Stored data
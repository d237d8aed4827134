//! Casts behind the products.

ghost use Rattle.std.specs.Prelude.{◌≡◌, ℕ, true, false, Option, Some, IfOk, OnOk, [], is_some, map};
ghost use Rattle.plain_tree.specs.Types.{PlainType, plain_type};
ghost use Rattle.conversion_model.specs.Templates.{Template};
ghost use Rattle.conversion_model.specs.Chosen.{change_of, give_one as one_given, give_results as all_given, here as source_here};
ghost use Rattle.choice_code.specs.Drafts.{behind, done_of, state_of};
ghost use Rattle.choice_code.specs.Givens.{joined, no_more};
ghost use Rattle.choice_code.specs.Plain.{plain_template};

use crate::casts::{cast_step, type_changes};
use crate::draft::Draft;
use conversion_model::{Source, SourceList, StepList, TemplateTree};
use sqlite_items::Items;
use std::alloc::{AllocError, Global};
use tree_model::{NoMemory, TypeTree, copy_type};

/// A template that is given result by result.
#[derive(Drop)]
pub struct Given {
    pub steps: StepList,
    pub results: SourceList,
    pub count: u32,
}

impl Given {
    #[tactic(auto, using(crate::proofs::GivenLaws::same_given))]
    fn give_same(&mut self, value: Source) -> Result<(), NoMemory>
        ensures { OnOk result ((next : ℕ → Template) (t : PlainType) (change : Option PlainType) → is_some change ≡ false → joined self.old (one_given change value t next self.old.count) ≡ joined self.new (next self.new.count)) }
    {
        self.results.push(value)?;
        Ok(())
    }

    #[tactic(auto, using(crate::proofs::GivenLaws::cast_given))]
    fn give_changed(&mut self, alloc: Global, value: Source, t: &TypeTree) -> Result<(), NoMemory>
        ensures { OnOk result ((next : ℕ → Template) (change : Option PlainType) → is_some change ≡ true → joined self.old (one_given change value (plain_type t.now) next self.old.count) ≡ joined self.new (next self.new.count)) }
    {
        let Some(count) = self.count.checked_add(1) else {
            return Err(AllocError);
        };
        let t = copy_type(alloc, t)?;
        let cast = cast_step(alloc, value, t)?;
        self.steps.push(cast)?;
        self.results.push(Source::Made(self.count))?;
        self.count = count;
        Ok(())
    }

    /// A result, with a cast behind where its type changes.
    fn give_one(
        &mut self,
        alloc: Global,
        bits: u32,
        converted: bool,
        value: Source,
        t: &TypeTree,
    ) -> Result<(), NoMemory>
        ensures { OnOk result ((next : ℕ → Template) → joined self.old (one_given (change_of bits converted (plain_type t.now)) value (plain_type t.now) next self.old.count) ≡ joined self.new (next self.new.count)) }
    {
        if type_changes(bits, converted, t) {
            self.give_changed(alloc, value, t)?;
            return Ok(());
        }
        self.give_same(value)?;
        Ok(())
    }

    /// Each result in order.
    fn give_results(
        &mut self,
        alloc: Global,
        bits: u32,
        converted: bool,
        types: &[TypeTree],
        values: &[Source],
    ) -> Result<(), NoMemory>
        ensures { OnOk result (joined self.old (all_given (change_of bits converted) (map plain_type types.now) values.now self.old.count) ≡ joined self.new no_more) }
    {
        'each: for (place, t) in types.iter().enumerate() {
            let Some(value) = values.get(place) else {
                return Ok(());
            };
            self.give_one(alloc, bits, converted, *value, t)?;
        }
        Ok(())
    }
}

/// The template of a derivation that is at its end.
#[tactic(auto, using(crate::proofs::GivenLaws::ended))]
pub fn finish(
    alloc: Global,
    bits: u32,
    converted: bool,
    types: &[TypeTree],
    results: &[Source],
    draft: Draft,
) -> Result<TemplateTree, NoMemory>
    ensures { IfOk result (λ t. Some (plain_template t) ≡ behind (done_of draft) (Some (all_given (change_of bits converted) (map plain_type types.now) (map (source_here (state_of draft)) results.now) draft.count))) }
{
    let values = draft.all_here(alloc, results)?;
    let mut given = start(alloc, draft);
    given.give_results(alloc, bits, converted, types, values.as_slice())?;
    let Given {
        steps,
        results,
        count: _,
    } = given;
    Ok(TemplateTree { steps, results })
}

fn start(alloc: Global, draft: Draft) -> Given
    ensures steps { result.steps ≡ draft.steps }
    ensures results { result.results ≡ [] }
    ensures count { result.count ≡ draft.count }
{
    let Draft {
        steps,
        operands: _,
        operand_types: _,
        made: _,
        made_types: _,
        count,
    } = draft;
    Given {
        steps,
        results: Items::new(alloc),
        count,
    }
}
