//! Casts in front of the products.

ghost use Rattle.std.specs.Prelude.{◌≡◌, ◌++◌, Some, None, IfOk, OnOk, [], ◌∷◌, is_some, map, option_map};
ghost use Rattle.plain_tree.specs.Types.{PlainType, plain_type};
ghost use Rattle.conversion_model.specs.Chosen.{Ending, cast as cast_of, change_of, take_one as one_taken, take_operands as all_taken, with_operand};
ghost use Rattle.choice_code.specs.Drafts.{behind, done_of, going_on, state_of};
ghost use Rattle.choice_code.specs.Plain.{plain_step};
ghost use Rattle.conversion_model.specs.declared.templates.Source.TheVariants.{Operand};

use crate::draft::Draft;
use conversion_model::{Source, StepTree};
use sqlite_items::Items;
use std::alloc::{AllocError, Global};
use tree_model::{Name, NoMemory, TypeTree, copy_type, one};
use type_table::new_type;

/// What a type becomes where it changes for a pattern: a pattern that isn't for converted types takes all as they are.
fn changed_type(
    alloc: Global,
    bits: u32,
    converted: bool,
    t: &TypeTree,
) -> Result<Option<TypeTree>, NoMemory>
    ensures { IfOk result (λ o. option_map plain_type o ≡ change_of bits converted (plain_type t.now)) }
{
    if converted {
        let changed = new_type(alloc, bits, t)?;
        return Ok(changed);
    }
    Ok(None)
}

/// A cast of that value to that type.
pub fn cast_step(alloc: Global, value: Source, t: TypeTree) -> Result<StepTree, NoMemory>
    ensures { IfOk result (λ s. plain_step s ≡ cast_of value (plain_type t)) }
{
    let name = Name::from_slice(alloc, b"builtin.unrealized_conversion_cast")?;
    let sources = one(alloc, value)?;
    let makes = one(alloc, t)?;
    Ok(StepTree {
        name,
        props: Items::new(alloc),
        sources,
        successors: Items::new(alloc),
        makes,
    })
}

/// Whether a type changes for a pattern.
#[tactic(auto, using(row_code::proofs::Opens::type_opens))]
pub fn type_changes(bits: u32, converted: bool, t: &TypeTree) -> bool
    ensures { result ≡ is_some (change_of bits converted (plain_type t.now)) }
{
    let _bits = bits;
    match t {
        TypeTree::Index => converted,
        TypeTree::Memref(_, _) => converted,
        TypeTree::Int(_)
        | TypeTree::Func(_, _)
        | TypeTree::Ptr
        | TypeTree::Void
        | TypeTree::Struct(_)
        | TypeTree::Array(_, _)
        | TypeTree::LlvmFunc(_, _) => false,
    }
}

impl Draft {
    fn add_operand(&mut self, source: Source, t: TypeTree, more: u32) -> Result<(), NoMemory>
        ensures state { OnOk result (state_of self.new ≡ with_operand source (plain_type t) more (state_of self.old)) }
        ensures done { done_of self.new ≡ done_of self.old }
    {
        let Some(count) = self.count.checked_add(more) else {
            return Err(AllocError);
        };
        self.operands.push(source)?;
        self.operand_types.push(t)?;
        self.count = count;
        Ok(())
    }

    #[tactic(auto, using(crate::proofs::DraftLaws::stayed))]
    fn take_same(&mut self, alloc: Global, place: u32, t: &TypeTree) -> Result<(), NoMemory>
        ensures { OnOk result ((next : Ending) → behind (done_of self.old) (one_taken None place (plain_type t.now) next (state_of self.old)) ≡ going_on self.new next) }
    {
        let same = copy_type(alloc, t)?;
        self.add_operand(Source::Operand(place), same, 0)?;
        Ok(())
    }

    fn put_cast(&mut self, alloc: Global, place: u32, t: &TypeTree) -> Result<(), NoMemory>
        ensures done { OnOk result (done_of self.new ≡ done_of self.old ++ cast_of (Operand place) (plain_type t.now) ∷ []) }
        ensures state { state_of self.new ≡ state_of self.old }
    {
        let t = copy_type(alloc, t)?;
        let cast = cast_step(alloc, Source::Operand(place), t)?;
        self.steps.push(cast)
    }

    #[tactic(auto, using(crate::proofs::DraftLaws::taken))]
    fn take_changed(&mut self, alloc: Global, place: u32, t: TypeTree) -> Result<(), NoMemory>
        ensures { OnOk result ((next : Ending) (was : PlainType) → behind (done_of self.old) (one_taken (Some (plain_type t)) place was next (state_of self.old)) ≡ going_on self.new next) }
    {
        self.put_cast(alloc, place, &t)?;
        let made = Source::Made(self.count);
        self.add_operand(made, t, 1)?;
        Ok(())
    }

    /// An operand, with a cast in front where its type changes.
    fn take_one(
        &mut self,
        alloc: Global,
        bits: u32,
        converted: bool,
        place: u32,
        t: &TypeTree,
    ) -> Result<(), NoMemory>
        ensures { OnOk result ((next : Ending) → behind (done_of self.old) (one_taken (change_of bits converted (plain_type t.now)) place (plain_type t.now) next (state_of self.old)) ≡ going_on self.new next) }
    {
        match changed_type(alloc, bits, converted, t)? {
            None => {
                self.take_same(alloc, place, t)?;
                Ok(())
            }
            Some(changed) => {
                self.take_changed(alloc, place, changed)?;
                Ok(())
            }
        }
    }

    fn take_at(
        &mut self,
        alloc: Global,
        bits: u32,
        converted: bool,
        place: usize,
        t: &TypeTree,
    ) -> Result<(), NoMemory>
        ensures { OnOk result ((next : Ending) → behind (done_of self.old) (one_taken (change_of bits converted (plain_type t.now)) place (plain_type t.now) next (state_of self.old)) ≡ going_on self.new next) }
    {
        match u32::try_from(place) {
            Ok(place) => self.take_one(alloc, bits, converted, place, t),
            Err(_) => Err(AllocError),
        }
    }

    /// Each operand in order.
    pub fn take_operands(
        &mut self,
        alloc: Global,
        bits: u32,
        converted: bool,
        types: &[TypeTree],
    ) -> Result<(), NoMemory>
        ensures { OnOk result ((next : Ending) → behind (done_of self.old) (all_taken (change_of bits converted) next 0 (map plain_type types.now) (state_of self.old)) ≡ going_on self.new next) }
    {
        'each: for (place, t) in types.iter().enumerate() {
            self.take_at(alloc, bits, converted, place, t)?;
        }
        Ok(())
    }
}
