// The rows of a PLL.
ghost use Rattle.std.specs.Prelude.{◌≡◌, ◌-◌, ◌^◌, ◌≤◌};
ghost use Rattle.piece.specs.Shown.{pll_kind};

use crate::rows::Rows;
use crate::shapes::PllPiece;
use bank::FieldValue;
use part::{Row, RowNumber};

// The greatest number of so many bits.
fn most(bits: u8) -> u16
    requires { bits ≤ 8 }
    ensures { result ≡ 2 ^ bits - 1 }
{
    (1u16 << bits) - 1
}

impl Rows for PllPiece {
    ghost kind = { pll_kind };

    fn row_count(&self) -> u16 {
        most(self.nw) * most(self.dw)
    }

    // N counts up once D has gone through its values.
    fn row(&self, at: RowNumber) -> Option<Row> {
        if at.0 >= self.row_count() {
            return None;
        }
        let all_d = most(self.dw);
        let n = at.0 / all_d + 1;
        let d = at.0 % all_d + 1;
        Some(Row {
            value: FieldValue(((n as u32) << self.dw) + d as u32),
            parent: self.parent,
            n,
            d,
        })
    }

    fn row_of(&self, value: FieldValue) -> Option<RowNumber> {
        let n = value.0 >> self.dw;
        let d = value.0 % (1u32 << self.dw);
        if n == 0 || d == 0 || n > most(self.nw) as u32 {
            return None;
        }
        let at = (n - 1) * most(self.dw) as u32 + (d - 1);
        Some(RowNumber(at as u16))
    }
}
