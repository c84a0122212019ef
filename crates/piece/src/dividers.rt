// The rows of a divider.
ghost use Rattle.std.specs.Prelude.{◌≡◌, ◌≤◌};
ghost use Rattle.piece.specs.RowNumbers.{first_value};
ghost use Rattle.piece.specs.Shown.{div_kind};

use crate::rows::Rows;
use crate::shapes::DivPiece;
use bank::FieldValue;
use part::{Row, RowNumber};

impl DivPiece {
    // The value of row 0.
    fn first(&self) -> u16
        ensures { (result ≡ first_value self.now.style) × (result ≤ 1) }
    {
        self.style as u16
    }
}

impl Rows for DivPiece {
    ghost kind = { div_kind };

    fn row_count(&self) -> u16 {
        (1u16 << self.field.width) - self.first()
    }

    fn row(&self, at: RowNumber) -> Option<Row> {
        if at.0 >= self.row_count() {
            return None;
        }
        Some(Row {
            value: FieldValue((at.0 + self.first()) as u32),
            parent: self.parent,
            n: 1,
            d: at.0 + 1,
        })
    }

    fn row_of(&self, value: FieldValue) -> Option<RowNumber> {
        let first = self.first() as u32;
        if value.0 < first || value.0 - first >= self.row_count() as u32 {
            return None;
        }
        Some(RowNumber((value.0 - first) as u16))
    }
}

### What to do
Only a number is expected in response: how many lines of the records above include the word "style".

### Exercise output
2